Work to be completed — Where a line holds the word "position", copy that line from the data below.

Exercise material —
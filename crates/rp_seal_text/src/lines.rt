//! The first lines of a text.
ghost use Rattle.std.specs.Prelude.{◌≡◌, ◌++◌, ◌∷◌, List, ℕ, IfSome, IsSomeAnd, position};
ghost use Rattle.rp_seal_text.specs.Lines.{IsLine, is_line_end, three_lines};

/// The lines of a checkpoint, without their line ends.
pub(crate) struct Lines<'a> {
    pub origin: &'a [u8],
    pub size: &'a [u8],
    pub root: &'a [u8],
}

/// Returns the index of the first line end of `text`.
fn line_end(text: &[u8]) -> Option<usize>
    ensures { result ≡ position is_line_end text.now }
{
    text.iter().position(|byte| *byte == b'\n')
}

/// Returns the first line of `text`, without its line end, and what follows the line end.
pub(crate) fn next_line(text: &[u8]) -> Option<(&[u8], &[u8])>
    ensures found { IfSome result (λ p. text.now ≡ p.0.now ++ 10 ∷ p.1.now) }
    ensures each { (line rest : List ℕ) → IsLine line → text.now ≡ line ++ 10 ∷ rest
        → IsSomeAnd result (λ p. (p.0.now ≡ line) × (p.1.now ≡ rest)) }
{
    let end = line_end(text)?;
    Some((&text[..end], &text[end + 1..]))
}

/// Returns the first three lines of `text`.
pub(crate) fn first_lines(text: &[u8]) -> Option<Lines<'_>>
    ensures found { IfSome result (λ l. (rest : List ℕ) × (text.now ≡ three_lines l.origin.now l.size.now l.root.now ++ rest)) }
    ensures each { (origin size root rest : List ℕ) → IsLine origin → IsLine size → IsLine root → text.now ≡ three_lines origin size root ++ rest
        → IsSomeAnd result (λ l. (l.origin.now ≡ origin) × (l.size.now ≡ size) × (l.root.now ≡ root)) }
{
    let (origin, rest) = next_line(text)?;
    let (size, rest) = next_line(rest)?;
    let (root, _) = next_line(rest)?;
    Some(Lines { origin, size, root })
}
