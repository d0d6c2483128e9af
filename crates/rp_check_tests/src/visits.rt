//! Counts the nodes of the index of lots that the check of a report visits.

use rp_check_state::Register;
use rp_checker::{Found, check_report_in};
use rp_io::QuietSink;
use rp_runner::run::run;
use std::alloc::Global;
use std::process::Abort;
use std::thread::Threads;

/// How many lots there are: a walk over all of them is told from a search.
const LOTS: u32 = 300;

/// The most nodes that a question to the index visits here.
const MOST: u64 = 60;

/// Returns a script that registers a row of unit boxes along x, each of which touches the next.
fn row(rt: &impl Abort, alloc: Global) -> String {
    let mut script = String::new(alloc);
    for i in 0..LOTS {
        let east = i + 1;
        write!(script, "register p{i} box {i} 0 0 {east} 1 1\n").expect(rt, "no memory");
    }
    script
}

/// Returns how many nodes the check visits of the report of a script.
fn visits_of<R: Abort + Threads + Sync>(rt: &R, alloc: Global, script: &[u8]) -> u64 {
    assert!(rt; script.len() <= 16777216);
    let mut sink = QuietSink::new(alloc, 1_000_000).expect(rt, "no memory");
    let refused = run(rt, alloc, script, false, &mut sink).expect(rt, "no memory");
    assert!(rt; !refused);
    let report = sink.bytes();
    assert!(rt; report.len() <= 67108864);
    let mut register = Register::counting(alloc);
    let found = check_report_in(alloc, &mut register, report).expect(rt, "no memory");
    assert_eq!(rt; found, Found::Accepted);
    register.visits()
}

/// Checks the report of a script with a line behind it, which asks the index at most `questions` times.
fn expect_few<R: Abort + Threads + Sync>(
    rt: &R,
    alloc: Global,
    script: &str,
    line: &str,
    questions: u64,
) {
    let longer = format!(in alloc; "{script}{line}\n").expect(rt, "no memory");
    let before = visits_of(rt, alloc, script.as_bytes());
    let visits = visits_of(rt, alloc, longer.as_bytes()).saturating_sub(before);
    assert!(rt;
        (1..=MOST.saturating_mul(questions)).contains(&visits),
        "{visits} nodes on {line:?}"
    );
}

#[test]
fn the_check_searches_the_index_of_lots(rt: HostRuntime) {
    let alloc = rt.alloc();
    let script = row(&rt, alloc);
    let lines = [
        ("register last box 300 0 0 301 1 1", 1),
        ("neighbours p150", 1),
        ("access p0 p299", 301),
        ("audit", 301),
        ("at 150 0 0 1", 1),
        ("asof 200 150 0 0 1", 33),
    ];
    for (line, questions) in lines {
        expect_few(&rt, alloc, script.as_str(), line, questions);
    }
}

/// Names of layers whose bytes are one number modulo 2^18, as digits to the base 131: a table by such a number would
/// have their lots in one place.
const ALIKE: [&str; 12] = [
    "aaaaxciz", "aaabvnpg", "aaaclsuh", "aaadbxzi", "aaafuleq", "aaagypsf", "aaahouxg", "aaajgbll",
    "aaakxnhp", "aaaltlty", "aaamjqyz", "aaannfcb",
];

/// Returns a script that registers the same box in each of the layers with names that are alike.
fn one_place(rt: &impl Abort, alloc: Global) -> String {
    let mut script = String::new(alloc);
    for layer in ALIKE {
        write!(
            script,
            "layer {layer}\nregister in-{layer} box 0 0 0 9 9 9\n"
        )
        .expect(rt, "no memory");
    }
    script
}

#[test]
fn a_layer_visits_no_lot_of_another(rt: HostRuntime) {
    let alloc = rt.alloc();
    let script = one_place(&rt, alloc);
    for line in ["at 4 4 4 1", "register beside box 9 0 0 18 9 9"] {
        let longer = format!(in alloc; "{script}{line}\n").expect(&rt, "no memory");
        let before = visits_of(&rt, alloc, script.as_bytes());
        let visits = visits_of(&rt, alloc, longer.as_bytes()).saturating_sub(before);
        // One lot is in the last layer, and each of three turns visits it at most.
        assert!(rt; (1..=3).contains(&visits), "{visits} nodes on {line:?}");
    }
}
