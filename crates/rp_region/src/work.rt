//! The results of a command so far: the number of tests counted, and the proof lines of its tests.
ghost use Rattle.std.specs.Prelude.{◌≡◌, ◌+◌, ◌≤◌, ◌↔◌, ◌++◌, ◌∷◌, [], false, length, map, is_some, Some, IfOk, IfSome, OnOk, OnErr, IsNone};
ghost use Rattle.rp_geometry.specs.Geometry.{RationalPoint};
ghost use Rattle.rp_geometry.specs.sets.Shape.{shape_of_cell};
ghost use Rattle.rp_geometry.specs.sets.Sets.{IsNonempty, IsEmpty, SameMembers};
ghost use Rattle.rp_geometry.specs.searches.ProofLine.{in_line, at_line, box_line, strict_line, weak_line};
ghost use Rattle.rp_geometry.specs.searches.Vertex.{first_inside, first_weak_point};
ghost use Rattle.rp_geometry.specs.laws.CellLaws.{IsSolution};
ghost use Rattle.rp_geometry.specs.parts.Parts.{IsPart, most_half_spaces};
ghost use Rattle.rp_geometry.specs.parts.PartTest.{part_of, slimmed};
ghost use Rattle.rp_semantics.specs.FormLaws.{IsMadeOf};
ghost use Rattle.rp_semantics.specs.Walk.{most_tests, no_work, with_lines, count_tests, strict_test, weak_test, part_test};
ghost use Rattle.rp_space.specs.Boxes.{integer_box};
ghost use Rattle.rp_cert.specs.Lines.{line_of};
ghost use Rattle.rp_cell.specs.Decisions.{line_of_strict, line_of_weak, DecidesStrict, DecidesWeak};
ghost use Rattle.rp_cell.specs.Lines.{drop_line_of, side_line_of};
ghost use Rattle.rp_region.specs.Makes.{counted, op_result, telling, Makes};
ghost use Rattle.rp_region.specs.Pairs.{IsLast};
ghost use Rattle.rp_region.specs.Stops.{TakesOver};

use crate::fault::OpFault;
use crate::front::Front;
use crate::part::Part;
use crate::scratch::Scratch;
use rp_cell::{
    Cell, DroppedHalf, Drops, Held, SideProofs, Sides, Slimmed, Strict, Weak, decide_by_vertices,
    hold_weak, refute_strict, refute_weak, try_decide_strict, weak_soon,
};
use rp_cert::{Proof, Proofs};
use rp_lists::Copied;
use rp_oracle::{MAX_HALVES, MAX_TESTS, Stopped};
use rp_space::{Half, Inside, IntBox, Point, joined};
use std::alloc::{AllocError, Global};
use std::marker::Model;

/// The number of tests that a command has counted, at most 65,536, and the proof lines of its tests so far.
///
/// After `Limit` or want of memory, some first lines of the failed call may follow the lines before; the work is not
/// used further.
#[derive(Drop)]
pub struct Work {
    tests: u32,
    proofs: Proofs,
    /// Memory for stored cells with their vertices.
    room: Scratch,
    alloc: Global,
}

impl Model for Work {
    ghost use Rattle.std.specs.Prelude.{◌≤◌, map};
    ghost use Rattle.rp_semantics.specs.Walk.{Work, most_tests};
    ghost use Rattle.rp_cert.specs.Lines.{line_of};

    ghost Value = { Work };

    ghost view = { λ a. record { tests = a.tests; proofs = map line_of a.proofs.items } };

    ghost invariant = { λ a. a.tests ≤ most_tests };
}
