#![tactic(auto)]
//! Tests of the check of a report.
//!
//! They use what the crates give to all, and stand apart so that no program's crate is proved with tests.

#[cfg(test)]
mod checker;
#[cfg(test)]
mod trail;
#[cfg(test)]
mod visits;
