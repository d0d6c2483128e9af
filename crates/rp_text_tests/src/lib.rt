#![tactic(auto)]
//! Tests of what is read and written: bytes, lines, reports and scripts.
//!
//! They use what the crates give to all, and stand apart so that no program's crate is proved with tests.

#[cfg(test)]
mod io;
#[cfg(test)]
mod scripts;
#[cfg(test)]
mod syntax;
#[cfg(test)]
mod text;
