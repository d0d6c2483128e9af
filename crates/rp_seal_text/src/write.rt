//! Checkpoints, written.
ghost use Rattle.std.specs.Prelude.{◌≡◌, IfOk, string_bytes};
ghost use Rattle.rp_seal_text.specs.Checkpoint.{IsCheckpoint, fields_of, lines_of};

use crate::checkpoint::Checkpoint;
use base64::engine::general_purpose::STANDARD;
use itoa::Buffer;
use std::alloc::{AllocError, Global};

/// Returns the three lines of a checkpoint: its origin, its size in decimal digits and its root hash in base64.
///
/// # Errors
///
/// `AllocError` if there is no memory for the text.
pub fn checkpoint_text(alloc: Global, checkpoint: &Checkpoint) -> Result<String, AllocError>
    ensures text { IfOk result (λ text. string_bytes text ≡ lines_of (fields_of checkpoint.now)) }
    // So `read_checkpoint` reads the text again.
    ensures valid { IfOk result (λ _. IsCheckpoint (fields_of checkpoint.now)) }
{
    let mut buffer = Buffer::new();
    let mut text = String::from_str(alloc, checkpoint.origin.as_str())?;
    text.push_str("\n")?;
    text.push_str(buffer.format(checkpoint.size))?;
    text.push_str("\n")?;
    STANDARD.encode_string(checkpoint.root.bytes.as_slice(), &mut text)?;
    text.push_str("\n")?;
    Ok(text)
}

Exercise response —
ghost use Rattle.std.specs.Prelude.{◌≡◌, ◌++◌, ◌∷◌, List, ℕ, IfSome, IsSomeAnd, position};
    ensures { result ≡ position is_line_end text.now }
    text.iter().position(|byte| *byte == b'\n')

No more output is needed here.